Based on the LCA activities in the 18 member countries the Task 19 estimated the LCA based environmental effects of the worldwide electric vehicle fleet in 2014 in 33 countries. In a LCA of these vehicles using the different national framework conditions the environmental effects are estimated by assessing the possible ranges of environmental effects. Based on the emission inventory of CO2, CH4, N2O, CO, NMVOC, SO2, NOx, and PM the potential effects on greenhouse effect, acidification, ozone formation, and particles are estimated. The reference case is the substitution of modern conventional ICE vehicles (of which 50 % are gasoline and 50 % diesel). The environmental effects of the electricity for the EVs are estimated on the current national electricity production in the 33 considered countries including grid transmission and distribution, and vehicle charging infrastructure. Additionally, for some selected countries, a scenario with all additional installed renewable electricity from PV and wind is dedicated for use by the EVs.

The details (e.g. data, assumption, methodology) of the following results were published in two conference papers:

  1. Jungmeier G., Dunn J., Elgowainy A., Gaines L., Ehrenberger S., Özdemirc E. D., Althaus H. J., Widmer R. (2014): Life cycle assessment of electric vehicles – Key issues of Task 19 of the International Energy Agency (IEA) on Hybrid and Electric Vehicles (HEV), Conference Proceedings, TRA 2014 – 5th Conference Transport Solutions – From Research to Deployment, Paris 14 – 17 April 2014.
  2. Jungmeier G., Dunn J., Elgowainy A., Ehrenberger S., Widmer R. (2015): Estimated Environmental Effects of the Worldwide Electric Vehicle Fleet – A Life Cycle Assessment in Task 19 of the International Energy Agency (IEA) on Hybrid and Electric Vehicles (HEV), Conference Proceedings, EEVC 2015 – European Battery, Hybrid and Fuel Cell Electric Vehicle Congress, Brussels, Belgium, 2 – 4 December 2015.

The main conclusions are:

  1. Environmental Assessment of EVs has been conducted based on Life Cycle Assessment compared to conventional vehicles.
  2. About 700,000 EVs worldwide are on the road (end of 2014): main countries are US, JP, CN, F, DE, NO.
  3. Estimation of average environmental effects substituting diesel/gasoline shows:
    • GHG-reduction: – 20%
    • PM < 10 reduction: - 60%
    • Acidification increase: + 40%
    • Ozone reduction: – 30%
  4. Broad estimated ranges are mainly due to variation in:
    • Emissions of national electricity production,
    • Electricity consumption of EVs at charging point,
    • Fuel consumption of substituted conventional ICEs,
    • Data availability, uncertainty, and consistency, e.g., PM.
  5. Additional renewable electricity with adequate charging maximizes environmental benefits.
  6. Loading strategies are essential for further significant reductions.
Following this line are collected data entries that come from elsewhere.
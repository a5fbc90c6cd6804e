//! Pages, by rows of a table.

use bit_image::Bitmap;
use page_samples::pages::NoPage;
use page_samples::{Shape, checkered, noise, numbered, shaped};
use std::alloc::Global;

/// A kind of pages.
#[derive(Clone, Copy)]
pub(super) enum Pages {
    /// All pages of 3 by 3 pixels.
    Small,
    /// A shape on a page of this side.
    Shaped(Shape, usize),
    /// A checkerboard of this side. Its paths are teeth of single pixels, in rings.
    Checkered(usize),
    /// Noise on pages of this width and height.
    Noise(usize, usize),
}

/// The page of this kind with this number. There is only one page of a shape or of a checkerboard.
pub(super) fn page_of(alloc: Global, pages: Pages, number: u32) -> Result<Bitmap, NoPage> {
    match pages {
        Pages::Small => numbered(alloc, number),
        Pages::Shaped(shape, side) => shaped(alloc, side, shape),
        Pages::Checkered(side) => checkered(alloc, side),
        Pages::Noise(width, height) => noise(alloc, width, height, number.into()),
    }
}
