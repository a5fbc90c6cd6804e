//! Least walks that were found by hand.

use crate::tests::chain::Chain;
use crate::tests::table::{Listed, Table};
use least_walk::least;
use std::test::Fail;

/// A case, the size, the steps, the least walk, and its cost.
const CASES: &[(&str, u32, &[Listed], &[u32], u128)] = &[
    ("size one", 1, &[], &[0], 0),
    ("size one, at a price", 1, &[(0, 1, 7)], &[0], 7),
    ("size two", 2, &[], &[0, 1], 0),
    (
        "fewer steps at any cost",
        2,
        &[(0, 1, 1), (1, 2, 1), (0, 2, 900)],
        &[0],
        900,
    ),
    (
        "cheaper, and not lower",
        3,
        &[(0, 1, 3), (1, 3, 3), (0, 2, 4), (2, 3, 1)],
        &[0, 2],
        5,
    ),
    (
        "as cheap, and lower",
        3,
        &[(0, 1, 1), (1, 3, 4), (0, 2, 4), (2, 3, 1)],
        &[0, 1],
        5,
    ),
    (
        "as cheap, and later lower",
        5,
        &[(0, 2, 9), (2, 4, 2), (4, 5, 2), (2, 3, 2), (3, 5, 2)],
        &[0, 2, 3],
        13,
    ),
    (
        "not by the farthest step",
        5,
        &[(0, 3, 0), (0, 2, 0), (2, 5, 0)],
        &[0, 2],
        0,
    ),
    ("past a gap", 4, &[(0, 2, 1), (0, 4, 5)], &[0], 5),
];

#[test]
fn fewest_then_cheapest_then_lowest(rt: HostRuntime) -> Result<(), Fail> {
    for &(case, size, listed, at, cost) in CASES {
        assert!(rt; 1 <= size && size <= 5);
        let walk = least(rt.alloc(), &Table::new(size, listed))?;
        assert_eq!(rt; (walk.at.as_slice(), walk.cost), (at, cost), "{case}");
    }
    Ok(())
}

/// The size of a chain, and the cost of all its steps.
const CHAINS: &[(u32, u128)] = &[
    (1, 72_057_594_037_927_935),
    (2, 144_115_188_075_855_870),
    (100_000, 7_205_759_403_792_793_500_000),
];

#[test]
fn a_chain_has_one_walk(rt: HostRuntime) -> Result<(), Fail> {
    for &(size, cost) in CHAINS {
        assert!(rt; 1 <= size && size <= 100_000);
        let walk = least(rt.alloc(), &Chain::new(size))?;
        assert_eq!(rt; (walk.count, walk.cost), (size, cost), "of {size}");
    }
    Ok(())
}
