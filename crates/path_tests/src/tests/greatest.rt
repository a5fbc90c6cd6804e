//! Penalties of the longest segment. Another program computed them.

use page_samples::triangle;
use prefix_moments::Moments;
use pt_base::is_closed_walk;
use pt_core::{MOST_STEPS, Point};
use std::alloc::Global;
use std::test::Fail;

/// The number of steps of the longest segment: up stairs, all the way through the greatest page.
const STEPS: u32 = 65534;

/// A limit, and the penalty of the longest segment if it is below the limit.
const LIMITS: &[(u64, Option<u64>)] = &[
    (1 << 56, Some(5931415)),
    (5931415, None),
    (5931416, Some(5931415)),
];

#[test]
fn penalties_below_limits(rt: HostRuntime) -> Result<(), Fail> {
    let points = triangle(rt.alloc(), 32767)?;
    for &(limit, wanted) in LIMITS {
        let found = below(rt.alloc(), &points, limit)?;
        assert_eq!(rt; found, Some(wanted), "below {limit}");
    }
    Ok(())
}

/// The penalty of the stairs, if it is below the limit; `None` for points that have no such stairs.
fn below(alloc: Global, points: &[Point], limit: u64) -> Result<Option<Option<u64>>, Fail> {
    if !is_closed_walk(points) || points.len() < STEPS as usize || MOST_STEPS < STEPS {
        return Ok(None);
    }
    let moments = Moments::of(alloc, points)?;
    Ok(Some(moments.penalty_below(0, STEPS, limit.min(1 << 56))))
}
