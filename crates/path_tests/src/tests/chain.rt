//! Only steps to the next index.
ghost use Rattle.std.specs.Prelude.{◌≡◌, ◌+◌, ◌^◌, ◌<◌, ◌≤◌, min, ◌-◌};

use least_walk::Steps;

/// A graph in which only steps to the next index are allowed, although windows reach farther.
#[derive(Drop)]
pub(super) struct Chain {
    size: u32,
    ghost some: { 1 ≤ size },
    ghost few: { size ≤ 2 ^ 31 },
}

impl Chain {
    /// The cost of each step.
    const COST: u64 = (1 << 56) - 1;

    pub(super) fn new(size: u32) -> Chain
        requires some { 1 ≤ size }
        requires few { size ≤ 2 ^ 31 }
    {
        Chain { size }
    }
}

impl Steps for Chain {
    ghost use Rattle.std.proofs.Common.{arith, refl};

    ghost size_of = { λ c. c.size };

    ghost last_of = { λ c i. min (i + 3) c.size };

    ghost is_allowed = { λ c i j. j ≡ i + 1 };

    ghost cost_of = { λ c i j. 2 ^ 56 - 1 };

    fn size(&self) -> u32 {
        self.size
    }

    fn last(&self, from: u32) -> u32 {
        (from + 3).min(self.size)
    }

    fn allowed(&self, from: u32, to: u32) -> bool {
        to == from + 1
    }

    fn cost(&self, _from: u32, _to: u32) -> u64 {
        Chain::COST
    }

    ghost least_size = { λ c. c.some };

    ghost greatest_size = { λ c. c.few };

    ghost last_is_beyond = { λ c i below. Prim.omega arith };

    ghost last_is_within = { λ c i below. Prim.omega arith };

    ghost next_is_allowed = { λ c i below. refl };

    ghost allowed_goes_up = { λ c i j below allowed. Prim.omega arith };

    ghost allowed_ends_at_last = { λ c i j below allowed. Prim.omega arith };

    ghost greatest_cost = { λ c i j below allowed. Prim.omega arith };
}
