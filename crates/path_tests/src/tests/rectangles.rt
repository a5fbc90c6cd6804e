//! Paths around rectangles, with results that were found by hand: segments, corners, sums, penalties and polygons.
ghost use Rattle.std.specs.Prelude.{IfOk};
ghost use Rattle.pt_core.specs.ClosedWalk.{IsClosedWalk};
ghost use Rattle.pt_core.specs.OnPage.{AreOnPage};

use page_samples::round;
use polygon_optimal::polygon;
use prefix_moments::{Moments, Sums};
use pt_base::is_closed_walk;
use pt_core::Point;
use std::alloc::Global;
use std::test::Fail;
use straight_paths::Reach;

/// The path around a rectangle at the lower left corner of a page.
fn path_round(alloc: Global, width: i32, height: i32) -> Result<Vec<Point>, Fail>
    ensures closed { IfOk result (λ points. IsClosedWalk points.items) }
    ensures on_page { IfOk result (λ points. AreOnPage points.items) }
{
    let points = round(alloc, width, height)?;
    if !is_closed_walk(&points) {
        return Err(Fail::from("the path isn't closed"));
    }
    Ok(points)
}

/// The rectangle's sides, a segment, how far the segments from its start reach, how many steps away the next corner is,
/// and whether the segment is possible. Values that aren't known are left out. The largest rectangle is a page of 297
/// by 210 millimetres at 300 pixels per inch.
const REACHES: &[(i32, i32, u32, u32, Option<u32>, Option<u32>, Option<bool>)] = &[
    (3, 3, 0, 1, Some(3), Some(3), None),
    (3, 3, 1, 2, Some(2), Some(2), None),
    (3, 3, 2, 3, Some(2), Some(1), None),
    (3, 3, 3, 4, Some(3), Some(3), None),
    (3, 3, 11, 12, Some(2), Some(1), None),
    (2480, 3508, 0, 1, Some(3508), Some(3508), None),
    (2480, 3508, 1, 2, Some(3507), Some(3507), None),
    (2480, 3508, 3508, 3509, Some(2480), Some(2480), None),
    (2480, 3508, 5988, 5989, Some(3508), Some(3508), None),
    (2480, 3508, 11_975, 11_976, Some(2), Some(1), None),
    // At point 3 the distance is exactly 1. Point 5 is beyond the corner.
    (3, 3, 2, 4, None, None, Some(true)),
    (3, 3, 1, 4, None, None, Some(false)),
    // A triangle through every second point, from the first one or from the next.
    (2, 1, 0, 2, None, None, Some(true)),
    (2, 1, 2, 4, None, None, Some(true)),
    (2, 1, 4, 6, None, None, Some(true)),
    (2, 1, 1, 3, None, None, Some(true)),
    (2, 1, 3, 5, None, None, Some(true)),
    (2, 1, 5, 7, None, None, Some(true)),
    (3, 1, 0, 2, None, None, Some(true)),
    (3, 1, 2, 5, None, None, Some(true)),
    (3, 1, 5, 8, None, None, Some(true)),
    (3, 1, 0, 3, None, None, Some(true)),
    (3, 1, 3, 5, None, None, Some(true)),
    (40, 1, 0, 21, None, None, Some(true)),
    (40, 1, 21, 42, None, None, Some(true)),
    (40, 1, 42, 82, None, None, Some(true)),
    (40, 1, 0, 40, None, None, Some(true)),
    (40, 1, 0, 41, None, None, Some(false)),
    (40, 1, 41, 82, None, None, Some(false)),
];

#[test]
fn farthest_corners_and_possible_segments(rt: HostRuntime) -> Result<(), Fail> {
    for &(width, height, i, j, far, corner, possible) in REACHES {
        let found = reach(rt.alloc(), width, height, i, j)?;
        let wanted = (
            far.unwrap_or(found.0),
            corner.unwrap_or(found.1),
            possible.unwrap_or(found.2),
        );
        assert_eq!(rt; found, wanted, "{width} by {height}: {i} to {j}");
    }
    Ok(())
}

fn reach(alloc: Global, width: i32, height: i32, i: u32, j: u32) -> Result<(u32, u32, bool), Fail> {
    let points = path_round(alloc, width, height)?;
    if points.len() <= i as usize || j <= i {
        return Err(Fail::from("no such segment"));
    }
    let reach = Reach::of(alloc, &points)?;
    Ok((reach.far(i), reach.next_corner(i), reach.possible(i, j)))
}

/// The rectangle's sides, a segment, its penalty and its sums. Values that aren't known are left out.
const MOMENTS: &[(i32, i32, u32, u32, Option<u64>, Option<Sums>)] = &[
    (3, 3, 2, 4, Some(147), None),
    (3, 3, 0, 12, Some(0), None),
    (2, 1, 0, 2, Some(147), None),
    (2, 1, 2, 4, Some(147), None),
    (2, 1, 4, 6, Some(0), None),
    (3, 1, 0, 2, Some(147), None),
    (3, 1, 2, 5, Some(286), None),
    (3, 1, 5, 8, Some(0), None),
    (3, 1, 0, 3, Some(286), None),
    (3, 1, 3, 5, Some(147), None),
    (40, 1, 0, 21, Some(2923), None),
    (40, 1, 21, 42, Some(2923), None),
    (40, 1, 42, 82, Some(0), None),
    // Down the left side, and past the last point along the upper side and down again.
    (3, 3, 0, 3, None, Some(DOWN)),
    (3, 3, 11, 13, None, Some(ROUND_THE_END)),
];

const DOWN: Sums = Sums {
    count: 4,
    x: 0,
    y: -6,
    xx: 0,
    xy: 0,
    yy: 14,
};

const ROUND_THE_END: Sums = Sums {
    count: 3,
    x: -2,
    y: -1,
    xx: 2,
    xy: 1,
    yy: 1,
};

#[test]
fn penalties_and_sums(rt: HostRuntime) -> Result<(), Fail> {
    for &(width, height, i, j, penalty, sums) in MOMENTS {
        let found = moments(rt.alloc(), width, height, i, j)?;
        let wanted = (penalty.unwrap_or(found.0), sums.unwrap_or(found.1));
        assert_eq!(rt; found, wanted, "{width} by {height}: {i} to {j}");
    }
    Ok(())
}

fn moments(alloc: Global, width: i32, height: i32, i: u32, j: u32) -> Result<(u64, Sums), Fail> {
    let points = path_round(alloc, width, height)?;
    let size = points.len();
    if size <= i as usize || j <= i || 100 < j || size < (j - i) as usize {
        return Err(Fail::from("no such segment"));
    }
    let moments = Moments::of(alloc, &points)?;
    Ok((moments.penalty(i, j), moments.sums(i, j)))
}

/// The rectangle's sides, the best polygon's vertices, and its penalty.
const POLYGONS: &[(i32, i32, &[u32], u128)] = &[
    (1, 1, &[0, 1, 2, 3], 0),
    (5, 5, &[0, 5, 10, 15], 0),
    (2, 1, &[0, 2, 4], 294),
    // The lists 0 2 5 and 0 3 5 tie.
    (3, 1, &[0, 2, 5], 433),
    // The middle segment has to end at point 42, and the first one may lead to point 40.
    (40, 1, &[0, 21, 42], 5846),
    (248, 351, &[0, 351, 599, 950], 0),
    // The longest bar. Another program computed its polygon.
    (32767, 1, &[0, 206, 32769], 4842942),
];

#[test]
fn best_polygons(rt: HostRuntime) -> Result<(), Fail> {
    for &(width, height, at, cost) in POLYGONS {
        let same = is_best(rt.alloc(), width, height, at, cost)?;
        assert!(rt; same, "{width} by {height}");
    }
    Ok(())
}

fn is_best(alloc: Global, width: i32, height: i32, at: &[u32], cost: u128) -> Result<bool, Fail> {
    let points = path_round(alloc, width, height)?;
    let best = polygon(alloc, &points)?;
    Ok(best.at.as_slice() == at && best.cost == cost)
}
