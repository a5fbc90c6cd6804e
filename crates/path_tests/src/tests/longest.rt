//! The longest segment that fits on a page.

use page_samples::hooked_stairs;
use pt_base::is_closed_walk;
use std::alloc::Global;
use std::test::Fail;
use straight_paths::Reach;

/// A point, the number of steps of the longest segment from there, the end of a segment from there, and whether that
/// segment is possible.
const SEGMENTS: &[(u32, u32, u32, bool)] = &[
    (0, 1, 65534, false),
    (1, 65534, 65535, true),
    (1, 65534, 65536, false),
    (2, 65533, 65535, true),
];

#[test]
fn segments_along_stairs(rt: HostRuntime) -> Result<(), Fail> {
    for &(i, far, j, possible) in SEGMENTS {
        let found = segment(rt.alloc(), i, j)?;
        assert_eq!(rt; found, (far, possible), "{i} to {j}");
    }
    Ok(())
}

/// The number of steps of the longest segment from a point, and whether this segment is possible. The path goes up
/// stairs of 65,534 steps, from point 1 to point 65535, and back.
fn segment(alloc: Global, i: u32, j: u32) -> Result<(u32, bool), Fail> {
    let points = hooked_stairs(alloc, 32767)?;
    if !is_closed_walk(&points) || points.len() <= i as usize || j <= i {
        return Err(Fail::from("no such segment"));
    }
    let reach = Reach::of(alloc, &points)?;
    Ok((reach.far(i), reach.possible(i, j)))
}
The results show that the environmental effects depend on the national framework condition, e.g., national electricity generation. In most of the countries, a significant reduction of these LCA based emissions of up to 90 % is reached. So there is scientific evidence that under appropriate framework conditions, electric vehicles can substantially contribute to a sustainable transportation sector in the future.